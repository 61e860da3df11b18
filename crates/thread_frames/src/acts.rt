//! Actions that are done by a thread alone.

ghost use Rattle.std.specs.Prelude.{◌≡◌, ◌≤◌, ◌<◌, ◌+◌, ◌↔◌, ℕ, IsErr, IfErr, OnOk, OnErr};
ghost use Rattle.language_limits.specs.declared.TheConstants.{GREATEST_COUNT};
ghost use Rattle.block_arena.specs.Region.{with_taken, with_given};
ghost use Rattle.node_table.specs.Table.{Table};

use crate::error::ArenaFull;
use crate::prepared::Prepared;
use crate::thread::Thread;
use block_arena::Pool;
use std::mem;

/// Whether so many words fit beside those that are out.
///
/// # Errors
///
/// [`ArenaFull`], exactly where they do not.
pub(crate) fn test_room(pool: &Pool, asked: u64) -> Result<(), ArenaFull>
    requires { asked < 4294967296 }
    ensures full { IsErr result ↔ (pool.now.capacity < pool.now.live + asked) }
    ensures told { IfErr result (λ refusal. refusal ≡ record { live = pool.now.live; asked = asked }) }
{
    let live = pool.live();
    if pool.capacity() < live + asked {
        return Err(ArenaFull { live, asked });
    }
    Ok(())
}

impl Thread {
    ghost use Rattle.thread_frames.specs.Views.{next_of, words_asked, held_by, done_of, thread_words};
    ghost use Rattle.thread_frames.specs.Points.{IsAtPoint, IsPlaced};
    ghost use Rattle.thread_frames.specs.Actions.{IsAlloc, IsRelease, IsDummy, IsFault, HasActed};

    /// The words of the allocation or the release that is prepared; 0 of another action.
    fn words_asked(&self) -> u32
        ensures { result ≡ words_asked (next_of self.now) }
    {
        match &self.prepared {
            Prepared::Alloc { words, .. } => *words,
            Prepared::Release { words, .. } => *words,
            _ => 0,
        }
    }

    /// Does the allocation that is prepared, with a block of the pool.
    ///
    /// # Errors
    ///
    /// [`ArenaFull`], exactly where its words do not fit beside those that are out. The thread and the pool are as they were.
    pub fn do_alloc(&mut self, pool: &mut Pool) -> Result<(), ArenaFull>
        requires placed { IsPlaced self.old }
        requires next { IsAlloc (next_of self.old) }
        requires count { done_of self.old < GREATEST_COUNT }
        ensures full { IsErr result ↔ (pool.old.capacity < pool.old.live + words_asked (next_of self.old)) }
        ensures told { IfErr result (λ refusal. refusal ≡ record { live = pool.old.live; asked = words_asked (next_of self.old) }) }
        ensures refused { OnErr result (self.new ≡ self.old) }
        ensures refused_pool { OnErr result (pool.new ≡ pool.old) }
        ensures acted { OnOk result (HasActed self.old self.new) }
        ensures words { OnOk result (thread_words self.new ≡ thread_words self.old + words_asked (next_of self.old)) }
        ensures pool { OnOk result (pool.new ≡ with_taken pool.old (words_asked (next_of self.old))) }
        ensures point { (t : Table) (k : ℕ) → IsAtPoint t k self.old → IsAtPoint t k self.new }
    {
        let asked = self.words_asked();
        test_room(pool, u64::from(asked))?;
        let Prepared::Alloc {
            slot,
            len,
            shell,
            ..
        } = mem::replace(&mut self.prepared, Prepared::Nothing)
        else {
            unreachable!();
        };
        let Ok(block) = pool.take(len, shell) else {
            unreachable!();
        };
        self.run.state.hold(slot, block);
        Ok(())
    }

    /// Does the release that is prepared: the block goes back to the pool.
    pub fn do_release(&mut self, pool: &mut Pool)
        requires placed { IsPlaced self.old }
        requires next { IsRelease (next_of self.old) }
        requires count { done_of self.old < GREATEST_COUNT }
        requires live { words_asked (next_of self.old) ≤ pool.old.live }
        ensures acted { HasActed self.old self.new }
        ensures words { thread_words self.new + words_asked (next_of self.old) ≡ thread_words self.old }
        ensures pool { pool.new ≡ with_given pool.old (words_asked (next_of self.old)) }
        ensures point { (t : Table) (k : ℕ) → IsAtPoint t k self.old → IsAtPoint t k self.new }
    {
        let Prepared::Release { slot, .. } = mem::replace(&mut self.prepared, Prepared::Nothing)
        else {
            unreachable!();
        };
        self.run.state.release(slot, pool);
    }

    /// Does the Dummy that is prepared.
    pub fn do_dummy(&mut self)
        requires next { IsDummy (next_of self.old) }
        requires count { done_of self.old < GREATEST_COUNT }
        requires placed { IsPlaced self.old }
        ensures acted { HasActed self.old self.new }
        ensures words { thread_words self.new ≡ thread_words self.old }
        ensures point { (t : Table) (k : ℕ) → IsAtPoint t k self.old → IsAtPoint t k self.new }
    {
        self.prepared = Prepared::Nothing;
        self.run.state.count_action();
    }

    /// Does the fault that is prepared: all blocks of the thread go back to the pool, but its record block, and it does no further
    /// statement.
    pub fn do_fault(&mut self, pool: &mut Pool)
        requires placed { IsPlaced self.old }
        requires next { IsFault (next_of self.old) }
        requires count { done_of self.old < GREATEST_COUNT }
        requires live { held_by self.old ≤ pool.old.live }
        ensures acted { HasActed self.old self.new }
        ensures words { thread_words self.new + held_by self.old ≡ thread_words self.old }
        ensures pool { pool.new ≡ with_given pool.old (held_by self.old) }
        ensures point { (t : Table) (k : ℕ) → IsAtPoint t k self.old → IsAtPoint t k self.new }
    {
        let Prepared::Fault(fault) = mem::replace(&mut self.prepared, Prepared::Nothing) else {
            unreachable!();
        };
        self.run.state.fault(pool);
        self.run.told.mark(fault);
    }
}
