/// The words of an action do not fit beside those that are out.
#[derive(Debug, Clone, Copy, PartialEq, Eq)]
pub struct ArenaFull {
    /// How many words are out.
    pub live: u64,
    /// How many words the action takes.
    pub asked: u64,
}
____________
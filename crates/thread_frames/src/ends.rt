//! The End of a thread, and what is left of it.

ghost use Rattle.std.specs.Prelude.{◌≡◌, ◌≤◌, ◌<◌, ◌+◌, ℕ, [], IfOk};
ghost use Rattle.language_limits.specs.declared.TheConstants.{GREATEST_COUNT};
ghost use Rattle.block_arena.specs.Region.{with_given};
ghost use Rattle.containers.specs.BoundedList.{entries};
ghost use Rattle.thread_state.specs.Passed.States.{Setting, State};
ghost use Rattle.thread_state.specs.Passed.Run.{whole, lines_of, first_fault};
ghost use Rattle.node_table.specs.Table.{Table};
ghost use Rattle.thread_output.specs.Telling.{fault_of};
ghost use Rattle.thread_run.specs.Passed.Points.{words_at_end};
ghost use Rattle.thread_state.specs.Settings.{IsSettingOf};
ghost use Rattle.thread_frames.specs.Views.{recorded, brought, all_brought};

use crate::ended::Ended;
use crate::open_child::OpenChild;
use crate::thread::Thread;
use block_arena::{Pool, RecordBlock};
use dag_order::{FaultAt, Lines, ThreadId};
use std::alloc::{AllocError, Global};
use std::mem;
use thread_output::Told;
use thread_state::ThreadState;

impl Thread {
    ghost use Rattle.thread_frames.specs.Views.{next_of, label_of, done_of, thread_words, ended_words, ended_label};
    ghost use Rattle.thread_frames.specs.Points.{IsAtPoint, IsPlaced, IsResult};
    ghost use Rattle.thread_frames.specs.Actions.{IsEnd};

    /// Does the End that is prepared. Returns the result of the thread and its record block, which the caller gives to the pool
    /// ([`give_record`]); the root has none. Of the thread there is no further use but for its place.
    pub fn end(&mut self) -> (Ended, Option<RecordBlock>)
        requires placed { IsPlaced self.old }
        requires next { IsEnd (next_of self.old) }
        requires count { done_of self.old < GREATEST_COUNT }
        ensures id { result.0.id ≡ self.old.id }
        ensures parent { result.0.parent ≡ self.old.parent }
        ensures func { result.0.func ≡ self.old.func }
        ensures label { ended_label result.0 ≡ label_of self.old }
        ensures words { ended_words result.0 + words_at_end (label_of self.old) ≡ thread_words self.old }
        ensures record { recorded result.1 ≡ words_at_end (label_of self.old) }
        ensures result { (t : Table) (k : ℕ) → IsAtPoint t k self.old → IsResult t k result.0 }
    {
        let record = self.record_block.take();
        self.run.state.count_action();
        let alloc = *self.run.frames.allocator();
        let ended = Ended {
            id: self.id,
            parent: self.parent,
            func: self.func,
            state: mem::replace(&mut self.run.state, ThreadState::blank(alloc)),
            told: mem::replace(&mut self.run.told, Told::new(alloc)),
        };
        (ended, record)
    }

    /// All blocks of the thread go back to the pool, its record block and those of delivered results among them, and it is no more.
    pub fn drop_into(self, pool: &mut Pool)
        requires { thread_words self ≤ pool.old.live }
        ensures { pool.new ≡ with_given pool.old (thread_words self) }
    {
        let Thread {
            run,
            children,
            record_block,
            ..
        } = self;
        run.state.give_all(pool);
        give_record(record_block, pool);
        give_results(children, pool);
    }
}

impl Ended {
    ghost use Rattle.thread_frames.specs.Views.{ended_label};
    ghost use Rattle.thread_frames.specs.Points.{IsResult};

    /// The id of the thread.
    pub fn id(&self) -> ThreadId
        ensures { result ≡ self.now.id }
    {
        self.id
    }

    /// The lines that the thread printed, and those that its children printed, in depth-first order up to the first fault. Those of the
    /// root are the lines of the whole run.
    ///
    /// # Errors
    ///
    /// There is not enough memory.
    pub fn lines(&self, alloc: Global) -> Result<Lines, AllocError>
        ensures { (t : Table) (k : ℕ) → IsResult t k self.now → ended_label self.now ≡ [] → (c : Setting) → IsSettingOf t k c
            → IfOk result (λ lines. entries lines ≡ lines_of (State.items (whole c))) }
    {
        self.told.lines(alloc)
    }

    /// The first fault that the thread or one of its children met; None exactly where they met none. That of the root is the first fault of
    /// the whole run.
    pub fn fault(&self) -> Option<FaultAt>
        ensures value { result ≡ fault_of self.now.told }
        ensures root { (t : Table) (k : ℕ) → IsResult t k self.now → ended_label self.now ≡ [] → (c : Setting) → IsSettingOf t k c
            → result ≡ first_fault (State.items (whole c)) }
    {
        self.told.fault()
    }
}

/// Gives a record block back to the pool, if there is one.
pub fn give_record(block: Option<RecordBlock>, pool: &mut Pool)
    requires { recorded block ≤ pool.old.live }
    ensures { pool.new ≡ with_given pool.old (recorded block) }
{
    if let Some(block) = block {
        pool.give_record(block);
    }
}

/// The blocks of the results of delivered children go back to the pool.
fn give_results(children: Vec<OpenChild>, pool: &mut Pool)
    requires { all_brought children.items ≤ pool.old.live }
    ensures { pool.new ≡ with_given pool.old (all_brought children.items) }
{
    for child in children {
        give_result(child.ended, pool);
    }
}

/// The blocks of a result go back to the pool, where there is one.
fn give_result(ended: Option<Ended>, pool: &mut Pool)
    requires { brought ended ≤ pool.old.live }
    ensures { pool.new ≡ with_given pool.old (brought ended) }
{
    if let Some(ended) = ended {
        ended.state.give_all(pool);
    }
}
____________
#### Task to carry out:
Write out exactly the lines that fall from the line with "repository 61e860da3df11b18" to the line with "asked < 4294967296" in the records above, keeping both ends.

#### Result:
repository 61e860da3df11b18
filename crates/thread_frames/src/acts.rt
//! Actions that are done by a thread alone.

ghost use Rattle.std.specs.Prelude.{◌≡◌, ◌≤◌, ◌<◌, ◌+◌, ◌↔◌, ℕ, IsErr, IfErr, OnOk, OnErr};
ghost use Rattle.language_limits.specs.declared.TheConstants.{GREATEST_COUNT};
ghost use Rattle.block_arena.specs.Region.{with_taken, with_given};
ghost use Rattle.node_table.specs.Table.{Table};

use crate::error::ArenaFull;
use crate::prepared::Prepared;
use crate::thread::Thread;
use block_arena::Pool;
use std::mem;

/// Whether so many words fit beside those that are out.
///
/// # Errors
///
/// [`ArenaFull`], exactly where they do not.
pub(crate) fn test_room(pool: &Pool, asked: u64) -> Result<(), ArenaFull>
    requires { asked < 4294967296 }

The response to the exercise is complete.